A variety of photonic structures such as strip waveguides, multi-mode interferometers (MMI), and ring resonators, were patterned and fabricated using the SiN films and encapsulated in TEOS silicon oxide. TE/TM mode effective indices in the strip waveguides were estimated for wavelengths between $\mathrm{\lambda }$=1.2 µm and $\mathrm{\lambda }$=1.7 µm using a custom-developed full vectorial finite difference mode solver [36–37]. Cartesian and cylindrical coordinates were used respectively for the design of straight and bent waveguides. Waveguides having a 600 nm thickness were designed to have a width below 700 nm, to ensure single mode operation across the considered spectral range. Transparent boundary conditions were used for the calculation of bending losses. Bending radii were set to 20 µm to limit radiative bending losses to under 0.2 dB/90° at 1.55 µm (modeled and measured bending losses are compared in the next section).

Figure 1 shows the mode solver estimations of quasi-TE mode effective index versus wavelength for 500 nm and 600 nm wide waveguides fabricated with (a) PVD1 and (b) PVD2 films.
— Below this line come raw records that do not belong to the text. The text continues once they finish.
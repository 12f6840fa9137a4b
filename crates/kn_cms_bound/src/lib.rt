//! The steps that a core has left.
//!
//! This crate owns a number that says how many steps a state of the core has left at most
//! (`steps_left` in `specs/Work.antt`): three for each call, two for each word, and the snapshot. Each
//! turn that makes a step lowers it, and none raises it. It also shows that a state and an actor leave
//! one turn, so that an order of turns leaves one run.
#![tactic(auto)]

pub mod laws;
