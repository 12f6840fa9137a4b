//! The laws of turns. Each is a clause of a function that does nothing; what it says is written in
//! `specs/TurnLaws.antt`.

ghost use Rattle.kn_cms_bound.specs.TurnLaws.{TurnsAreOne, TurnsGoOn, TurnsLower};

/// What a turn keeps, and how it lowers the steps that are left.
pub fn turn_law()
    ensures goes_on { TurnsGoOn }
    ensures lowers { TurnsLower }
{}

/// A state and an actor leave one turn.
pub fn one_turn_law()
    ensures { TurnsAreOne }
{}
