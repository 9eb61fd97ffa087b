//! One step.
ghost use Rattle.outside.specs.Causes.{HasCause, Rose};
ghost use Rattle.outside.specs.Items.{Reads, Loses};
ghost use Rattle.outside.specs.Pending.{to_come};
ghost use Rattle.outside.specs.Took.{Took, TookPrefix};
ghost use Rattle.std.specs.Fmt.{signed_decimal};
ghost use Rattle.std.specs.Int.{w64, cast_signed};
ghost use Rattle.std.specs.Prelude.{◌≡◌, ◌⊎◌, ◌≢◌, ℕ, List, Option, [], OnOk, OnErr, IfOk, IfErr, ◌+◌, ◌-◌, ◌<◌, ◌≤◌, ◌^◌, ◌==◌, length, drop, map, if◌then◌else◌, slice_get, slice_index, slice_set, Some, None, IfSome, FitsSigned};
ghost use Rattle.heap_bump.specs.Words.{Words};
ghost use Rattle.machine.specs.Machine.{Range, Item, upper_end, full_range, act, as_wanted, passed, reads_item, item_words, put_words, exit_of, prints, truth_bytes, panic_of, address_of, frame_of, owner_of};
ghost use Rattle.machine.specs.Inside.{Inside, IsRare, Leads, Touches};
ghost use Rattle.machine.specs.Answers.{Answers, StatusFits, NeedsMemory, NoRoom, PrintsAt, WithAnswers, state_of};

use crate::allocating::{allocate, make};
use crate::code_tables::Tables;
use crate::links::{address, call, leave};
use crate::memory::{index, load, offset, slot_address, store};
use crate::slices::{append, copy, slice_index, slice_part};
use crate::slots::{clear_slots, copy_slots, same_slots, set_slot, slot, zero_slots};
use crate::{Ending, Next, Panic, RunState};
use heap_bump::Heap;
use isa::{BinFault, Direction, Instr, Sameness, bin, bit, un};
use outside::{IntReader, ReadFault, Sink, Source, WriteFault, put_bool, put_bytes, put_int};
use std::alloc::Global;

const LARGEST_STATUS: i64 = 125;

// The run goes on after a piece, if it was written.
#[inline(always)]
fn printed(at: RunState, written: Result<(), WriteFault>) -> Next
    requires { at.pc < 2 ^ 40 }
    ensures ok { OnOk written (result ≡ record { at = record { pc = at.pc + 1; base = at.base }; ending = None }) }
    ensures err { OnErr written (result ≡ record { at = at; ending = Some Ending.WriteFault }) }
{
    match written {
        Ok(()) => Next::on(at),
        Err(_fault) => Next::ended(at, Ending::WriteFault),
    }
}

// Prints a piece.
#[inline(always)]
fn print<O: Sink>(_words: &Vec<u64>, at: RunState, piece: &[u8], out: &mut O) -> Next
    requires { at.pc < 2 ^ 40 }
    ensures step { PrintsAt _words.now.items at piece.now result
        (O.taken out.old) (O.taken out.new) (O.faults out.old) (O.faults out.new) }
    ensures later { O.faults out.old ≤ O.faults out.new }
    ensures on { result.ending ≡ None → result.at ≡ record { pc = at.pc + 1; base = at.base } }
    ensures status { StatusFits result.ending }
    ensures which { (result.ending ≡ None) ⊎ (result.ending ≡ Some Ending.WriteFault) }
{
    let written = put_bytes(out, piece);
    printed(at, written)
}

// Prints the number of a slot.
#[inline(always)]
fn print_int<O: Sink>(words: &Vec<u64>, at: RunState, a: u16, out: &mut O) -> Next
    requires slot { at.base + a < length words.now.items }
    requires place { at.pc < 2 ^ 40 }
    ensures step { PrintsAt words.now.items at
        (signed_decimal (cast_signed w64 (slice_index (drop at.base words.now.items) a))) result
        (O.taken out.old) (O.taken out.new) (O.faults out.old) (O.faults out.new) }
    ensures later { O.faults out.old ≤ O.faults out.new }
    ensures on { result.ending ≡ None → result.at ≡ record { pc = at.pc + 1; base = at.base } }
    ensures status { StatusFits result.ending }
    ensures which { (result.ending ≡ None) ⊎ (result.ending ≡ Some Ending.WriteFault) }
{
    let written = put_int(out, slot(words, at.base, a as usize).cast_signed());
    printed(at, written)
}
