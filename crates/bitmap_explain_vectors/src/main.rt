// Runs explain over the bitmaps of standard input and prints five numbers for each: number, index, byte, found, wanted.
// A bitmap is a line of words: pairs of hexadecimal digits, or a decimal number, * and the pairs that many times. The
// file stdin has each rule broken at its first and last place, and every two rules that can be broken at once; stdout
// was made from how each line is built.
#![tactic(auto)]

ghost use Rattle.std.specs.Prelude.{◌≤◌, length};

use std::io;
use std::io::Write;

// Puts the bytes of the digits at `at`, as many as there is room for, and says where they end.
fn put_digits(digits: &[u8], out: &mut [u8], at: usize) -> usize
    requires { at ≤ length out.old }
    ensures { result ≤ length out.new }
{
    at + vector_text::decode(digits, &mut out[at..])
}

// The same, a number of times.
fn put_times(digits: &[u8], times: u32, out: &mut [u8], at: usize) -> usize
    requires { at ≤ length out.old }
    ensures { result ≤ length out.new }
{
    let mut end = at;
    for _ in 0..times {
        end = put_digits(digits, out, end);
    }
    end
}

// A word: its digits, or those after * as many times as the number before it says.
fn put_word(word: &[u8], out: &mut [u8], at: usize) -> usize
    requires { at ≤ length out.old }
    ensures { result ≤ length out.new }
{
    match vector_text::after(word, b'*').split_first() {
        None => put_digits(word, out, at),
        Some((_, digits)) => {
            let times = vector_text::small(vector_text::before(word, b'*'));
            put_times(digits, times, out, at)
        }
    }
}

// The words of a line, up to 100.
fn put_words(line: &[u8], out: &mut [u8]) -> usize
    ensures { result ≤ length out.new }
{
    let mut end: usize = 0;
    for k in 0..100 {
        let w = vector_text::word(line, k);
        if w.is_empty() {
            return end;
        }
        end = put_word(w, out, end);
    }
    end
}

// A line's bitmap and what is told of it.
fn show_line<W: Write>(to: &mut W, line: &[u8]) -> io::Result<()> {
    let mut bytes = [0u8; 280000];
    let n = put_words(line, &mut bytes);
    match bitmap_explain::explain(&bytes[..n]) {
        None => writeln!(to, "0 0 0 0 0"),
        Some(f) => {
            let number = u32::from(f.refusal);
            writeln!(
                to,
                "{number} {} {} {} {}",
                f.index, f.byte, f.found, f.wanted
            )
        }
    }
}

fn main(rt: HostRuntime) -> io::Result<()> {
    vector_text::show_lines(&mut rt.reader(), &mut io::writer(&rt), show_line)
}
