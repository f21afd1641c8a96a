// The verdict on a list and a target that are ready: the sizes are asked for, the table of yes and no is closed, the target's rows are read over it, and what
// stands at the end of the last row decides.
ghost use Rattle.std.specs.Prelude.{List, ◌≡◌, ℕ, ◌≤◌, length};
ghost use Rattle.limits.specs.Limits.{most_letters, most_states};
ghost use Rattle.words.specs.Word.{Word};
ghost use Rattle.words.specs.Bytes.{word};
ghost use Rattle.sizes.specs.Questions.{side};
ghost use Rattle.queries.specs.Ready.{ReadyTree};
ghost use Rattle.refusals.specs.Questions.{passed};
ghost use Rattle.reach.specs.Questions.{of_room};
ghost use Rattle.reach.specs.Deciding.{Decides, ReachesForm};

use trees::SuffixTree;
use trees::entries::entry;
use words::{Factors, Letters, Refusal};

// The bound of a table of yes and no, in which a series weighs nothing: an entry up to it is a yes, and one more is a no.
const NO_WEIGHT: Factors = Factors(1);

// The verdict on a reduced target. What is ready fits, so the table is closed and the rows are filled.
fn decide(form: &[u8], tree: &SuffixTree, first: &mut [u16], second: &mut [u16]) -> bool
    requires count_le_most_states { tree.now.count ≤ most_states }
    requires form_len_bound { length form.now ≤ most_letters }
    ensures { (gens : List Word) (m : ℕ) → ReadyTree gens m tree.now form.now
        → of_room m (length form.now) (length first.old) (length second.old) ≡ passed
        → Decides (side m (length form.now)) gens (word form.now) result
        (record { first = first.old; second = second.old })
        (record { first = first.new; second = second.new }) }
{
    let _ = tables::close(tree, first);
    let _ = rows::fill(form, tree, NO_WEIGHT, first, second);
    entry(second, form.len() * tree.count) == 0
}

// Questions 12 and 15, where `first` and `second` are the lengths of the lent tables.
fn of_room(m: Letters, t: Letters, first: usize, second: usize) -> Result<(), Refusal>
    ensures { result ≡ of_room m.0 t.0 first second }
{
    sizes::of_form(t)?;
    sizes::of_tables(m, t, first, second)
}

// The verdict on what is ready, where the sizes pass questions 12 and 15. Then both tables are zeroed.
pub(crate) fn reach_form(
    form: &[u8],
    m: Letters,
    tree: &SuffixTree,
    first: &mut [u16],
    second: &mut [u16],
) -> Result<bool, Refusal>
    requires count_le_most_states { tree.now.count ≤ most_states }
    requires form_len_bound { length form.now ≤ most_letters }
    ensures { (gens : List Word) → ReadyTree gens m.0 tree.now form.now
        → ReachesForm m.0 gens (word form.now) result
        (record { first = first.old; second = second.old })
        (record { first = first.new; second = second.new }) }
{
    let t = Letters(form.len() as u16);
    of_room(m, t, first.len(), second.len())?;
    let verdict = decide(form, tree, first, second);
    sizes::zero_table(first, m, t);
    sizes::zero_table(second, m, t);
    Ok(verdict)
}
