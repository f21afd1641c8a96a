// The verdict without a bound: is the target a product of generators, of however many?
#![tactic(auto)]

mod deciding;

ghost use Rattle.reach.specs.Calls.{Reaches};

use limits::{GENERATORS, LIST_STATES};
use queries::room::Room;
use words::Refusal;

// Is the target a product of the list's generators, of one factor or more? No series is written and nothing is counted. A refusal changes nothing; after a
// yes or a no the first q * q entries of both tables are 0.
pub fn reachable(
    bytes: &[u8],
    ends: &[u16],
    target: &[u8],
    first: &mut [u16],
    second: &mut [u16],
) -> Result<bool, Refusal>
    ensures { Reaches bytes.now ends.now target.now result
        (record { first = first.old; second = second.old })
        (record { first = first.new; second = second.new }) }
{
    let mut room = Room::<LIST_STATES, GENERATORS>::new();
    let posed = room.pose(bytes, ends, target)?;
    let form = room.form(posed.t);
    let tree = room.tree(posed.count, ends.len());
    deciding::reach_form(form, posed.m, &tree, first, second)
}
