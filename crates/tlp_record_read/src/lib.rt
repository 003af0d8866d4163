// Reading a packet straight into a record's bytes: no packet is made.
#![tactic(auto)]

mod lay;

ghost use Rattle.std.specs.Prelude.{◌≡◌, length};
ghost use Rattle.tlp_read.specs.Read.{read_packet};
ghost use Rattle.tlp_record_read.specs.RecordRead.{read_answer, read_record};

use bits::word::byte_at;
use tlp::packet_type::family_by_type;
use tlp::refusal::Refusal;
use tlp::settings::Settings;
use tlp_read::check;
use tlp_record::places::RECORD_SIZE;

// The packet's record over the front of what is lent for it, or the first refusal that is given, with the record as it
// was.
pub fn read_record(settings: Settings, packet: &[u8], record: &mut [u8]) -> Result<(), Refusal>
    ensures value { result ≡ read_answer (read_packet settings packet.now) (length «record».old) }
    ensures record_after { «record».new
        ≡ read_record (read_packet settings packet.now) «record».old }
{
    check(settings, packet)?;
    let Some(front) = record.first_chunk_mut::<RECORD_SIZE>() else {
        return Err(Refusal::OutputTooShort);
    };
    let accepted = lay::Accepted { packet };
    accepted.put_record(family_by_type(byte_at(packet, 0)), front);
    Ok(())
}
To facilitate the comparison of the mode solver predictions with experimental measurements below, 3^rd order polynomial models were fitted to the mode solver results according to Eq. (1):

(1)$${\textrm{n}_{\textrm{eff}}}\textrm{ = }{\textrm{a}_\textrm{4}}{\mathrm{\lambda }^\textrm{3}}\textrm{ + }{\textrm{a}_\textrm{3}}{\mathrm{\lambda }^\textrm{2}}\textrm{ + }{\textrm{a}_\textrm{2}}{\mathrm{\lambda} +\ }{\textrm{a}_1}$$

Fig. 1. Mode solver estimations (points) for quasi-TE mode effective indices for 500 nm and 600 nm wide waveguides with 3^rd order polynomial fits (lines) to the mode solver data for (a) PVD 1 and (b) PVD 2 SiN films.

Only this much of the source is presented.